Megan Bhatt, a sophomore at Carlmont High School, only sees what’s on the screen. The game industry professionals that made the game see something different. (Emma O'Connor)
Megan Bhatt, a sophomore at Carlmont High School, only sees what’s on the screen. The game industry professionals that made the game see something different.

Emma O'Connor

It’s not all fun and games on the other side of the controller

March 13, 2019

You’re on the last lap in Mario Kart, hanging onto first place. The music starts to pick up as your sibling starts to yell, excited that you might win. The finish line is only one turn away and with it the trophy. You can’t lose now with only 9 seconds to go.

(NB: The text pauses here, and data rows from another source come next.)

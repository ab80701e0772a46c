//! Messages for a queue, each put and taken with its result compared.
ghost use Rattle.std.specs.Prelude.{◌≡◌};

use es_base::{DEEPEST_QUEUE, Message, Octets};
use queuing_port::{Putter, Taker, open_queue};
use std::alloc::Global;
use std::process::Abort;
use std::sync::Wait;

/// Opens a queue of a depth that is within its limits.
pub(crate) fn open(rt: &impl Abort, alloc: Global, depth: u8) -> (Putter, Taker)
    ensures { result.1.queue ≡ result.0.queue }
{
    assert!(rt; 1 <= depth && depth <= DEEPEST_QUEUE);
    open_queue(alloc, depth).expect(rt, "memory")
}

/// A message of this many octets, all of them `octet`, that came at `time` microseconds.
pub(crate) fn message(rt: &impl Abort, alloc: Global, time: u64, octet: u8, len: usize) -> Message {
    let octets = Vec::from_elem(alloc, octet, len).expect(rt, "memory");
    Message {
        time,
        octets: Octets::from(octets),
    }
}

/// A message with no octets.
pub(crate) fn empty_message(alloc: Global, time: u64) -> Message {
    Message {
        time,
        octets: Octets::from(Vec::new(alloc)),
    }
}

/// A message that is put at `time` microseconds has two of these octets.
fn octet_of(time: u64) -> u8 {
    (time % 256) as u8
}

/// The message that is put at `time` microseconds.
fn message_at(rt: &impl Abort, alloc: Global, time: u64) -> Message {
    message(rt, alloc, time, octet_of(time), 2)
}

/// The message has the time and the octets that are wanted.
pub(crate) fn check_same(rt: &impl Abort, message: &Message, wanted: &Message) {
    let is_same = message.octets.as_slice() == wanted.octets.as_slice();
    assert!(rt; is_same && message.time == wanted.time, "{wanted:?}");
}

/// Puts a message. If the queue is full it is handed back.
pub(crate) fn put_message(rt: &impl Wait, putter: &mut Putter, message: Message) -> Option<Message>
    ensures { putter.new.queue ≡ putter.old.queue }
{
    putter.put(rt, message).err()
}

/// Puts the message of this time: it is put, or handed back.
pub(crate) fn put(
    rt: &(impl Abort + Wait),
    alloc: Global,
    putter: &mut Putter,
    time: u64,
    has_room: bool,
)
    ensures { putter.new.queue ≡ putter.old.queue }
{
    let back = put_message(rt, putter, message_at(rt, alloc, time));
    assert!(rt; back.is_none() == has_room, "{time}");
    if let Some(back) = back {
        check_same(rt, &back, &message_at(rt, alloc, time));
    }
}

/// Puts a message at each time, each of which has room or not.
pub(crate) fn put_each(
    rt: &(impl Abort + Wait),
    alloc: Global,
    putter: &mut Putter,
    rows: &[(u64, bool)],
) {
    for (time, has_room) in rows {
        put(rt, alloc, putter, *time, *has_room);
    }
}

/// Takes a message.
pub(crate) fn take_message(rt: &(impl Abort + Wait), taker: &mut Taker) -> Message
    ensures { taker.new.queue ≡ taker.old.queue }
{
    taker.take(rt).expect(rt, "a message")
}

/// Takes the message of this time.
pub(crate) fn take(rt: &(impl Abort + Wait), alloc: Global, taker: &mut Taker, time: u64)
    ensures { taker.new.queue ≡ taker.old.queue }
{
    check_same(rt, &take_message(rt, taker), &message_at(rt, alloc, time));
}

/// Takes the messages of these times.
pub(crate) fn take_each(rt: &(impl Abort + Wait), alloc: Global, taker: &mut Taker, times: &[u64]) {
    for time in times {
        take(rt, alloc, taker, *time);
    }
}

/// Finds the queue empty.
pub(crate) fn take_nothing(rt: &(impl Abort + Wait), taker: &mut Taker) {
    assert!(rt; taker.take(rt).is_none());
}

You live for this part of video games, the thrill that comes with competition.

But life on the other side of the controller is different.

Video games play a major role in popular culture, but all we see is the final product. After a game is released, video game professionals spend time making edits or add-ons to the previous game and start working on the upcoming one.

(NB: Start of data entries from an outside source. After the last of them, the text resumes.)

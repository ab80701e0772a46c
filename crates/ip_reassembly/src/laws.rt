//! The datagram of some pieces, and the groups of pieces that stand at one time.
ghost use Rattle.std.specs.Prelude.{◌≡◌, ◌↔◌, ℕ, List, Some};
ghost use Rattle.es_base.specs.Packet.{PacketParts};
ghost use Rattle.link_rules.specs.Fragments.{Piece, datagram_from, IsDatagram};
ghost use Rattle.link_rules.specs.Groups.{Group, groups_after};
ghost use Rattle.ip_reassembly.specs.Apart.{AreApart};

/// A joined datagram ends where the latest piece with no more to follow ends, and each of its octets is
/// that of the latest piece with one at its place; if there are such octets, it is joined (RFC 791 3.2).
pub fn joins_the_datagram()
    ensures { (pieces : List Piece) (octets : List ℕ) →
        (datagram_from pieces ≡ Some octets) ↔ IsDatagram pieces octets }
{}

/// At most four groups stand after each packet, and no two of them have one key, if that held before
/// (own). So it holds of the groups after any packets, since before the first there are none.
pub fn keeps_groups_apart()
    ensures { (limit : ℕ) (groups : List Group) (packet : PacketParts) (now : ℕ) → AreApart groups →
        AreApart (groups_after limit groups packet now) }
{}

Several months to a year before the ship date of a game is crunch time. Crunch time comes with a lot of stress on the video game employees due to the build-up of important deadlines and extra hours needed to complete their work.

Cody Davis*, a past Activision employee, said, “A typical day for an animator is usually going to be 10 hours, and if you work 10 hour days, it’s the most beneficial for everyone around. You get a little extra money on the back end for overtime.”

Although the extra money is a nice bonus, that’s not the reason most people put in the extra effort.

“The project gets a little more love. It lets everyone else know that you’re also part of the team and care about your work because everyone else is usually staying nine to 10 hours,” Davis said.

On the downside, all the extra hours worked during crunch time can have negative effects on the professionals of the game industry.

Amelia Wilson*, an animator who worked for EA, said, “Once the crunch time starts my personal time kind of goes away. I’ll have a hard time going to bed at night because I’ll get home at midnight, and my brain just keeps going when I get home so I can’t sleep. I also get frustrated really easily.”

In an interview for Vulture, Dan Houser, the co-founder of Rockstar Games revealed that they were working 100 hour weeks in order to finish their new game Red Dead Redemption on time. He later clarified in an interview with Kotaku that it was solely the higher-ups that volunteered to work overtime in the last few weeks before a big deadline.

Another aspect of the dark side of the video game industry can be seen in EA Spouse, a lawsuit against the gaming company Electronic Arts. The lawsuit started in 2004 with a blog post which included allocations of unpaid overtime.

“All the rumors are true; whatever you hear is probably true or has happened some time,” Davis said.

For video game professionals, life outside of work can end up being an extension of what they were doing while they were at the studio.

“Just because you leave work doesn’t mean the work stays there. It’s always going to be in your mind,” said Aaron Chen*, a past Eidos employee.

Although crunch time can require video game employees to put in extra time to meet deadlines, their job also comes with a lot of perks.      

Ralph Smith*, a former Square employee, said, “It’s different to other industries in that you have a shipping title. I have a friend who sells telephones and it’s the same pace all the time, but with games, you have a ship date which means you have a party and a sense of completion.”

The period after a game is released can be a stressful time for the video game employees due to nervousness about how the game will do with the public. However, whether or not the game does well, they will still have a sense of achievement for finishing the game, while at the same time wish they could make it just a little bit better.

“We get the product at the end of three years and you have something that you look at and say I’m proud of that, or I’m disappointed that this didn’t get done, it’s a whole package,” Smith said.

Not all game industry professionals came out of high school knowing that that’s what they wanted to do. They come from many different backgrounds including graphic design, movie animation, and character acting, but the thing that they all have in common is their appreciation for art.

“I am more or less on the artsy side, and I’ve always wanted to do character acting. I’ve always wanted to do character animation that involves emotion,” Davis said.            

Lots of people in the video game industry feel similarly in that they were drawn in wanting to make something that will impact someone by either giving them an escape, or just something fun they can do with their friends.

“I went to graphic design school and got my degree and realized I didn’t want to be a graphic designer because you have to do all these horrible commercials,” Chen said.       

They all felt like they had something that set them apart from the other kids and something to add to the industry that would impact other people more than if they were in another occupation.

“I wanted to create. I felt like I had something that other kids didn’t have when I was growing up,” Smith said. 

*All names used in this article have been changed to protect the employees’ jobs.